Dispersion method for remainder calculation

The remainder computation dispersion method is the memcached standard memcached distributed method, the algorithm is as follows:

Copy Code code as follows:
CRC ($key)%N

This algorithm, the client first calculates the CRC according to the key, then the result takes the server number to take the model to obtain the Memcached server node, for this way has two questions to be worth explaining:

1. When the selected server is unable to connect, one solution is to add the number of attempts to the back of the key and then hash again, which is also called rehash.
2. The second problem is also the fatal disadvantage of this method, although the dispersion of the remainder calculation is fairly simple and data dispersion is excellent, and when the server is added or removed, the cost of the cache reorganization is significant.

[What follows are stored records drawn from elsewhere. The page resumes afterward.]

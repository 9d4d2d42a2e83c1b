//! What is said of what is refused or failed.
ghost use Rattle.io_gate.specs.Streams.{Rose};
ghost use Rattle.tool_refusals.specs.Endings.{IsSaid};

use command_lines::Ending;
use emu_system::ElfFault;
use io_gate::{Sink, put_all};
use std::alloc::{AllocError, Global};
use tool_texts::{image_hint, push_file_line};

/// The little-endian number of two bytes at an offset, and 0 where the file is shorter.
fn halfword(bytes: &[u8], offset: usize) -> u16 {
    if bytes.len() < 2 || bytes.len() - 2 < offset {
        return 0;
    }
    bytes[offset] as u16 + 256 * bytes[offset + 1] as u16
}

/// The line of a thing, and what is said of it. Err is want of memory.
fn line_of(alloc: Global, name: &str, said: &str) -> Result<String, AllocError> {
    let mut text = String::new(alloc);
    push_file_line(&mut text, name, said)?;
    Ok(text)
}

/// The ending behind what is said of a thing on the errors: a fault of the errors where they failed. Nothing is put
/// where memory is wanting for the line.
pub fn say<E: Sink>(alloc: Global, name: &str, said: &str, ending: Ending, errors: &mut E) -> Ending
    ensures { IsSaid ending result (Rose (E.faults errors.old) (E.faults errors.new)) }
{
    match line_of(alloc, name, said) {
        Err(_) => ending,
        Ok(text) => match put_all(errors, text.as_bytes()) {
            Ok(()) => ending,
            Err(_) => Ending::ErrorsFault,
        },
    }
}

/// The same of the word at a place, from 0, or of the whole line where there is no such word.
pub fn say_word<E: Sink>(
    alloc: Global,
    words: &[String],
    place: usize,
    said: &str,
    ending: Ending,
    errors: &mut E,
) -> Ending
    ensures { IsSaid ending result (Rose (E.faults errors.old) (E.faults errors.new)) }
{
    if place < words.len() {
        say(alloc, words[place].as_str(), said, ending, errors)
    } else {
        say(alloc, "the command line", said, ending, errors)
    }
}

/// Refuses a file of a name as an image, by its bytes and why it is none.
pub fn refuse_image<E: Sink>(
    alloc: Global,
    name: &str,
    bytes: &[u8],
    fault: ElfFault,
    errors: &mut E,
) -> Ending
    ensures { IsSaid (Ending.ImageRefused fault) result (Rose (E.faults errors.old) (E.faults errors.new)) }
{
    let said = image_hint(fault, halfword(bytes, 16), halfword(bytes, 18), false);
    say(alloc, name, said, Ending::ImageRefused(fault), errors)
}
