//! What is read before a program is run: its file, and the input to its end.
ghost use Rattle.std.specs.Prelude.{◌≡◌, ◌≢◌, ◌≤◌, ◌⊎◌, [], Some, IfErr, IfOk, IfSome, OnOk, false, vec_len};
ghost use Rattle.std.specs.FinMap.{get};
ghost use Rattle.io_gate.specs.Images.{whole_file, MissesNamed};
ghost use Rattle.io_gate.specs.Streams.{Rose};
ghost use Rattle.command_lines.specs.Outcome.{file_limit};
ghost use Rattle.command_model.specs.Sweep.{stream_limit};
ghost use Rattle.commands.specs.Promises.{is_failure};
ghost use Rattle.tool_refusals.specs.Endings.{EndsOver, Leaves, ReadsFile};

use crate::saying::say;
use command_lines::Ending;
use io_gate::{Images, ImagesError, ReadEnd, Sink, Source, read_all};
use std::alloc::Global;

/// The most bytes of a file.
const FILE_LIMIT: u64 = 67_108_864;

/// The most bytes of the input.
const INPUT_LIMIT: u64 = 16_777_216;

/// The bytes of a file, at most 67,108,864. Err is how the command ends without them: FileFault where reading failed or
/// no file has the name, TooLong, or ErrorsFault behind the line that tells of these; or OutOfMemory.
pub fn file_bytes<F: Images, E: Sink>(
    alloc: Global,
    name: &str,
    files: &mut F,
    errors: &mut E,
) -> Result<Vec<u8>, Ending>
    ensures content { IfSome (F.named files.old)
        (λ named. ReadsFile (whole_file (get named name.now) file_limit) result) }
    ensures leaves { IfErr result (λ ending. Leaves ending (Unit {0}) (Unit {0}) (errors.new ≡ errors.old)
        (Rose (F.faults files.old) (F.faults files.new) ⊎ MissesNamed (F.named files.old) name.now) ⊥ ⊥
        (Rose (E.faults errors.old) (E.faults errors.new))) }
    ensures still { OnOk result (errors.new ≡ errors.old) }
    ensures undone { IfErr result (λ ending. ending ≢ Ending.Done) }
{
    match files.read_whole(alloc, name, FILE_LIMIT as usize) {
        Ok(bytes) => Ok(bytes),
        Err(ImagesError::Failed) => Err(say(
            alloc,
            name,
            "isn't there, or can't be read",
            Ending::FileFault,
            errors,
        )),
        Err(ImagesError::Missing) => Err(say(
            alloc,
            name,
            "isn't there, or can't be read",
            Ending::FileFault,
            errors,
        )),
        Err(ImagesError::TooLong) => Err(say(
            alloc,
            name,
            "has more than 67,108,864 bytes",
            Ending::TooLong(FILE_LIMIT),
            errors,
        )),
        Err(ImagesError::OutOfMemory) => Err(Ending::OutOfMemory),
    }
}

/// The input, at most 16,777,216 bytes. Err is how the command ends without it: ReadFault, TooLong, or ErrorsFault
/// behind the line that tells of that; or OutOfMemory.
pub fn input_bytes<I: Source, E: Sink>(
    alloc: Global,
    input: &mut I,
    errors: &mut E,
) -> Result<Vec<u8>, Ending>
    ensures content { IfSome (I.left input.old)
        (λ left. IfOk result (λ bytes. (bytes.items ≡ left) × (I.left input.new ≡ Some []))) }
    ensures limit { IfOk result (λ bytes. vec_len bytes ≤ stream_limit) }
    ensures over { IfErr result (λ ending. is_failure ending ≡ false → EndsOver (I.left input.old) ending) }
    ensures leaves { IfErr result (λ ending. Leaves ending (input.new ≡ input.old) (Unit {0})
        (errors.new ≡ errors.old) ⊥ (Rose (I.faults input.old) (I.faults input.new)) ⊥
        (Rose (E.faults errors.old) (E.faults errors.new))) }
    ensures still { OnOk result (errors.new ≡ errors.old) }
    ensures undone { IfErr result (λ ending. ending ≢ Ending.Done) }
{
    match read_all(alloc, input, INPUT_LIMIT as usize) {
        Ok(bytes) => Ok(bytes),
        Err(ReadEnd::Failed) => Err(Ending::ReadFault),
        Err(ReadEnd::OutOfMemory) => Err(Ending::OutOfMemory),
        Err(ReadEnd::TooLong) => Err(say(
            alloc,
            "the input",
            "has more than 16,777,216 bytes",
            Ending::TooLong(INPUT_LIMIT),
            errors,
        )),
    }
}
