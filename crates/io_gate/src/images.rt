//! Files that are read whole, by name.
ghost use Rattle.std.specs.Prelude.{◌≡◌, ◌≤◌, ℕ, Option, IfOk, vec_len, string_bytes};
ghost use Rattle.io_gate.specs.Streams.{Causes};
ghost use Rattle.io_gate.specs.Images.{NamedFiles, ReadsNamed, MissesNamed};

use std::alloc::Global;

/// Why a file was not read.
#[derive(Clone, Copy, Debug, PartialEq, Eq)]
pub enum ImagesError {
    /// Opening or reading failed.
    Failed,
    /// No file has the name.
    Missing,
    /// The file has more bytes than the limit.
    TooLong,
    /// Memory was wanting.
    OutOfMemory,
}

/// Files by name.
pub trait Images {
    /// The bytes of each file by the bytes of its name, where they are told.
    ghost named: { Self → Option NamedFiles };

    /// How often it has failed, up to 2^64 - 1.
    ghost faults: { Self → ℕ };

    /// All bytes of the file, at most `limit` of them. `Failed` comes only where the count rose, and any other answer
    /// leaves the count as it was. Where the files are told, `Missing` comes for a name that none has, and memory is
    /// wanting for no such name.
    fn read_whole(
        &mut self,
        alloc: Global,
        name: &str,
        limit: usize,
    ) -> Result<Vec<u8>, ImagesError>
        ensures files { named self.new ≡ named self.old }
        ensures limit { IfOk result (λ bytes. vec_len bytes ≤ limit) }
        ensures content { ReadsNamed (named self.old) name.now limit result }
        ensures missing { result ≡ Err ImagesError.Missing → MissesNamed (named self.old) name.now }
        ensures cause { Causes (result ≡ Err ImagesError.Failed) (faults self.old) (faults self.new) };
}
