//! A source read to its end.
ghost use Rattle.std.specs.Prelude.{◌≡◌, ◌≤◌, Err, IfOk, vec_len};
ghost use Rattle.io_gate.specs.ReadAll.{ReadsAll};
ghost use Rattle.io_gate.specs.Streams.{Causes};

use crate::streams::Source;
use std::alloc::Global;

/// How many bytes are taken at once at most.
const PIECE: usize = 4096;

/// Why a source wasn't read to its end.
#[derive(Clone, Copy, Debug, Drop, PartialEq, Eq)]
pub enum ReadEnd {
    /// The source failed.
    Failed,
    /// More bytes came than the limit.
    TooLong,
    /// No memory for the bytes that came.
    OutOfMemory,
}

/// All bytes that a source has left, at most `limit` of them: TooLong comes exactly where `limit` + 1 bytes came, and
/// no more than these are taken. Failed comes only where the source's count of faults rose.
pub fn read_all<I: Source>(alloc: Global, input: &mut I, limit: usize) -> Result<Vec<u8>, ReadEnd>
    ensures limit { IfOk result (λ bytes. vec_len bytes ≤ limit) }
    ensures content { ReadsAll (I.left input.old) (I.left input.new) limit result }
    ensures cause { Causes (result ≡ Err ReadEnd.Failed) (I.faults input.old) (I.faults input.new) }
{
    let mut bytes = Vec::new(alloc);
    let mut piece = [0; PIECE];
    'pieces: loop {
        let room = limit - bytes.len();
        let most = room.min(PIECE - 1) + 1;
        let Ok(count) = input.take(&mut piece[..most]) else {
            return Err(ReadEnd::Failed);
        };
        if count == 0 {
            return Ok(bytes);
        }
        if count > room {
            return Err(ReadEnd::TooLong);
        }
        if bytes.extend_from_slice(&piece[..count]).is_err() {
            return Err(ReadEnd::OutOfMemory);
        }
    }
}
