//! A source and files in memory that never fail.
ghost use Rattle.std.specs.Prelude.{◌≡◌, ◌≢◌, ◌<◌, ◌≤◌, Some, Ok, Err, IfOk, IsOk, length, vec_len};
ghost use Rattle.std.specs.FinMap.{get};
ghost use Rattle.io_gate.specs.Streams.{HasCause, Causes, TakesAtMost, TakesFirst, TakesSome, KeepsRest};
ghost use Rattle.io_gate.specs.Images.{ReadsNamed, MissesNamed, whole_file};
ghost use Rattle.io_gate.specs.FileLists.{named_files};
ghost use Rattle.io_gate.specs.Memory.{portion};

use crate::images::{Images, ImagesError};
use crate::memory::Stock;
use crate::memory_images::read_named;
use crate::streams::{Failed, Source};
use std::alloc::Global;
use std::marker::Model;

/// A source that gives bytes from memory and never fails.
#[derive(Drop)]
pub struct NoFaultSource {
    stock: Stock,
}

impl Model for NoFaultSource {
    ghost use Rattle.io_gate.specs.Memory.{Supplied, coded_supplied};

    ghost Value = { Supplied };

    ghost coded = { coded_supplied };

    ghost view = { λ s. s.stock };
}

impl NoFaultSource {
    /// A source of these bytes. It gives at most `most` bytes a call.
    pub fn new(bytes: Vec<u8>, most: usize) -> NoFaultSource
        requires { 1 ≤ most }
        ensures left { result.left ≡ bytes.items }
        ensures most { result.most ≡ most }
    {
        NoFaultSource {
            stock: Stock::new(bytes, most),
        }
    }
}

impl Source for NoFaultSource {
    ghost left = { λ s. Some s.left };

    ghost faults = { λ _. 0 };

    fn take(&mut self, into: &mut [u8]) -> Result<usize, Failed>
        requires { 0 < length into.old }
        ensures count { TakesAtMost result into.old }
        ensures bytes { TakesFirst (Some self.old.left) (Some self.new.left) into.new result }
        ensures some { TakesSome (Some self.old.left) result }
        ensures rest { KeepsRest into.old into.new result }
        ensures cause { HasCause 0 0 result }
        ensures portion { result ≡ Ok (portion self.old (length into.old)) }
        ensures most { self.new.most ≡ self.old.most }
    {
        Ok(self.stock.give(into))
    }
}

/// Files in memory, by name, which never fail.
#[derive(Drop)]
pub struct NoFaultImages {
    files: Vec<(String, Vec<u8>)>,
}

impl Model for NoFaultImages {
    ghost use Rattle.std.specs.Prelude.{List, ℕ};
    ghost use Rattle.std.specs.Coded.{coded_ℕ, coded_list};
    ghost use Rattle.std.specs.FinMap as map;
    ghost use Rattle.io_gate.specs.Images.{NamedFiles};
    ghost use Rattle.io_gate.specs.FileLists.{named_files};

    ghost Value = { NamedFiles };

    ghost coded = { map.code (coded_list coded_ℕ) (coded_list coded_ℕ) };

    ghost view = { λ s. named_files s.files.items };
}

impl NoFaultImages {
    /// These files. Where a name stands twice, its first pair counts.
    pub fn new(files: Vec<(String, Vec<u8>)>) -> NoFaultImages
        ensures { result ≡ named_files files.items }
    {
        NoFaultImages { files }
    }
}

impl Images for NoFaultImages {
    ghost named = { λ s. Some s };

    ghost faults = { λ _. 0 };

    fn read_whole(
        &mut self,
        alloc: Global,
        name: &str,
        limit: usize,
    ) -> Result<Vec<u8>, ImagesError>
        ensures files { Some self.new ≡ Some self.old }
        ensures limit { IfOk result (λ bytes. vec_len bytes ≤ limit) }
        ensures content { ReadsNamed (Some self.old) name.now limit result }
        ensures missing { result ≡ Err ImagesError.Missing → MissesNamed (Some self.old) name.now }
        ensures cause { Causes (result ≡ Err ImagesError.Failed) 0 0 }
        ensures wanting { result ≡ Err ImagesError.OutOfMemory → IsOk (whole_file (get self.old name.now) limit) }
        ensures unfailing { result ≢ Err ImagesError.Failed }
    {
        read_named(alloc, &self.files, name, limit)
    }
}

Consistent hashing algorithm

The consistent hashing algorithm is described as follows: first, the hash value of the memcached server node is calculated and assigned to the 0~2^32 circle, which we can call the range, and then the hash value of the stored Data key is calculated in the same way and mapped to the circle. The data is then mapped to a clockwise lookup, the data is saved to the first server found, and if the 0~2^32 is still not found, it is saved on the first memcached server:

Memcachd Fundamentals

Then throw the above question, if a new addition or removal of a machine, in the consistent hashing algorithm will have any effect. The above figure assumes four nodes, we add another node called NODE5:

After you have added node nodes

NODE5 is placed between the node4 and the Node2, and the area that maps to Node2 and Node4 will find Node4, and when there is Node5, Node5 and node4 are found, The NODE5 is found between Node5 and Node2, so it is only the NODE5 and node2 intervals that are affected when adding a server.

An optimized consistent hashing algorithm

It can be seen that the use of consistent hashing maximum inhibition of the key redistribution, and some consistent hashing implementation of the idea of the virtual node. The problem stems from the use of the general hash function, the location of the map of the server is very uneven distribution, resulting in database access skew, a large number of key is mapped to the same server. In order to avoid this problem, the mechanism of virtual node is introduced to compute multiple hash values for each server, and each value corresponds to a node position on the ring, which is called Virtual node. and the key mapping mode is unchanged, is more layer from the virtual node map to the physical machine process. Under this optimization, although the physical machine is very few, as long as the virtual node enough, can also use the relatively uniform key distribution.

Summarize

In this paper, the principle of memcached distributed algorithm is introduced in the context of understanding the basic concept of caching, and the memcached distribution is realized by the client function library.

The above is the entire content of this article, I hope to give you a reference, but also hope that we support the cloud habitat community.

Contact Us

The content source of this page is from Internet, which doesn't represent Alibaba Cloud's opinion; products and services mentioned on that page don't have any relationship with Alibaba Cloud. If the content of the page makes you feel confusing, please write us an email, we will handle the problem within 5 days after receiving your email.

If you find any instances of plagiarism from the community, please send an email to: info-contact@alibabacloud.com and provide relevant evidence. A staff member will contact you within 5 working days.

A Free Trial That Lets You Build Big!

Start building with 50+ products and up to 12 months usage for Elastic Compute Service

  • Sales Support

    1 on 1 presale consultation

  • After-Sales Support

    24/7 Technical Support 6 Free Tickets per Quarter Faster Response

  • Alibaba Cloud offers highly flexible support services tailored to meet your exact needs.